Re: [PATCH 1/2] KVM: x86/mmu: Split NX hugepage recovery flow into TDP and non-TDP flow

Vipin Sharma <vipinsh@xxxxxxxxxx> · Mon, 19 Aug 2024 14:57:38 -0700

On 2024-08-19 11:31:22, Sean Christopherson wrote:
> On Mon, Aug 19, 2024, David Matlack wrote:
> > On Mon, Aug 19, 2024 at 10:20 AM Vipin Sharma <vipinsh@xxxxxxxxxx> wrote:
> > >
> > > On 2024-08-16 16:29:11, Sean Christopherson wrote:
> > > > Why not just use separate lists?
> > >
> > > Before this patch, NX huge page recovery calculates "to_zap" and then it
> > > zaps first "to_zap" pages from the common list.

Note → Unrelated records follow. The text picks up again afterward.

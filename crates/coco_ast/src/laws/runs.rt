//! What holds of the run of every call of every tree.

ghost use Rattle.coco_ast.specs.Checks.{IsAccepted};
ghost use Rattle.coco_ast.specs.Fitting.{Fits};
ghost use Rattle.coco_ast.specs.Keyed.{Rows};
ghost use Rattle.coco_ast.specs.Meaning.{run};
ghost use Rattle.coco_ast.specs.RunLaws.{DependsOnNeeds, EndsSoon, IsPutOver};
ghost use Rattle.coco_ast.specs.Tree.{Procedures};
ghost use Rattle.coco_types.specs.declared.call.Call.{Call};

/// The map that a run leaves is the one that it began with, with its writes put over it.
pub fn runs_put_writes()
    ensures { (ps : Procedures) (call : Call) (m : Rows) → IsPutOver m (run ps call m) }
{}

/// A run depends on its call and on what the map has at the keys that it needs: two maps that agree
/// there give the same reply, needs and writes.
pub fn runs_depend_on_needs()
    ensures { (ps : Procedures) (call : Call) → DependsOnNeeds ps call }
{}

/// A call that fits an accepted tree ends by a reply or a refusal, and reads and writes at most 64
/// keys in all.
pub fn calls_end_soon()
    ensures { (ps : Procedures) → IsAccepted ps → (call : Call) (m : Rows) → Fits ps call → EndsSoon ps call m }
{}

This series is trying to
> > > maintain that invarient.
> 
> I wouldn't try to maintain any specific behavior in the existing code, AFAIK it's
> 100% arbitrary and wasn't written with any meaningful sophistication.  E.g. FIFO
> is little more than blindly zapping pages and hoping for the best.
> 
> > > If we use two separate lists then we have to decide how many pages
> > > should be zapped from TDP MMU and shadow MMU list. Few options I can
> > > think of:
> > >
> > > 1. Zap "to_zap" pages from both TDP MMU and shadow MMU list separately.
> > >    Effectively, this might double the work for recovery thread.

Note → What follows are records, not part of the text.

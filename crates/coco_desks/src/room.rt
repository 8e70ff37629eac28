//! Lists with room, made before there is anything to put into them.

ghost use Rattle.std.specs.Prelude.{◌≡◌, All, vec_len, IfOk};
ghost use Rattle.coco_desks.specs.Desks.{HasRoom};

use coco_types::NoMemory;
use std::alloc::Global;

// Two lists, each with room for so many items. An empty list is let go as such, which asks nothing of its items' type.
pub(crate) fn two_lists<S, T>(alloc: Global, count: usize) -> Result<(Vec<S>, Vec<T>), NoMemory>
    ensures first { IfOk result (λ r. HasRoom count r.0) }
    ensures second { IfOk result (λ r. HasRoom count r.1) }
{
    let first = Vec::with_capacity(alloc, count)?;
    let Ok(second) = Vec::with_capacity(alloc, count) else {
        first.destroy_empty();
        return Err(NoMemory);
    };
    Ok((first, second))
}

// Rows for so many workers, each with room for so many items, and room for as many rows that come back.
pub(crate) fn rows_for<T: Drop>(
    alloc: Global,
    workers: u32,
    count: usize,
) -> Result<(Vec<Vec<T>>, Vec<Vec<T>>), NoMemory>
    ensures count { IfOk result (λ r. vec_len r.0 ≡ workers) }
    ensures rows { IfOk result (λ r. All (λ row. HasRoom count row) r.0.items) }
    ensures back { IfOk result (λ r. HasRoom workers r.1) }
{
    let (mut rows, back) = two_lists(alloc, workers as usize)?;
    for _ in 0..workers {
        let Ok(row) = Vec::with_capacity(alloc, count) else {
            return Err(NoMemory);
        };
        rows.push_reserved(row);
    }
    Ok((rows, back))
}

> > > 2. Try zapping "to_zap" page from one list and if there are not enough
> > >    pages to zap then zap from the other list. This can cause starvation.

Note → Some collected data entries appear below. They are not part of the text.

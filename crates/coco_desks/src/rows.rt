//! Items by rows and by columns: so the passes of each lock go to the workers, and back.

ghost use Rattle.std.specs.Prelude.{◌≡◌, ℕ, ◌+◌, ◌<◌, ◌≤◌, ◌++◌, [], All, length, slice_index_or, vec_len, vec_capacity};
ghost use Rattle.coco_desks.specs.Rows.{GainsOne, column};

/// Moves the items of a row behind those of the columns, one to each.
pub fn hand_out<T>(row: &mut Vec<T>, columns: &mut [Vec<T>])
    requires count { vec_len row.old ≡ length columns.old }
    requires room { All (λ column. vec_len column < vec_capacity column) columns.old }
    ensures empty { row.new.items ≡ [] }
    ensures kept { vec_capacity row.new ≡ vec_capacity row.old }
    ensures count { length columns.new ≡ length columns.old }
    ensures each { (place : ℕ) (d : _) (x : _) → place < length columns.old → GainsOne (slice_index_or row.old.items place x) (slice_index_or columns.old place d) (slice_index_or columns.new place d) }
{
    let mut left = columns.len();
    while left > 0 {
        left -= 1;
        let Some(item) = row.pop() else {
            unreachable!()
        };
        columns[left].push_reserved(item);
    }
}

/// Moves the items of all rows so, row after row: behind its own items each column has the rows' items at its place.
pub fn turn<T>(rows: &mut [Vec<T>], columns: &mut [Vec<T>])
    requires counts { All (λ row. vec_len row ≡ length columns.old) rows.old }
    requires room { All (λ column. vec_len column + length rows.old ≤ vec_capacity column) columns.old }
    ensures rows { length rows.new ≡ length rows.old }
    ensures empty { (place : ℕ) (d : _) → place < length rows.old → (slice_index_or rows.new place d).items ≡ [] }
    ensures kept { (place : ℕ) (d : _) → place < length rows.old → vec_capacity (slice_index_or rows.new place d) ≡ vec_capacity (slice_index_or rows.old place d) }
    ensures count { length columns.new ≡ length columns.old }
    ensures each { (place : ℕ) (d : _) → place < length columns.old → (slice_index_or columns.new place d).items ≡ (slice_index_or columns.old place d).items ++ column place rows.old }
    ensures capacity { (place : ℕ) (d : _) → place < length columns.old → vec_capacity (slice_index_or columns.new place d) ≡ vec_capacity (slice_index_or columns.old place d) }
{
    for place in 0..rows.len() {
        hand_out(&mut rows[place], columns);
    }
}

> > > 3. Do half of "to_zap" from one list and another half from the other
> > >    list. This can lead to situations where only half work is being done
> > >    by the recovery worker thread.
> > >
> > > Option (1) above seems more reasonable to me.
> > 
> > I vote each should zap 1/nx_huge_pages_recovery_ratio of their
> > respective list. i.e. Calculate to_zap separately for each list.
> 
> Yeah, I don't have a better idea since this is effectively a quick and dirty
> solution to reduce guest jitter.  We can at least add a counter so that the zap
> is proportional to the number of pages on each list, e.g. this, and then do the
> necessary math in the recovery paths.
> 

Okay, I will work on v2 which creates two separate lists for NX huge
pages. Use specific counter for TDP MMU and zap based on that.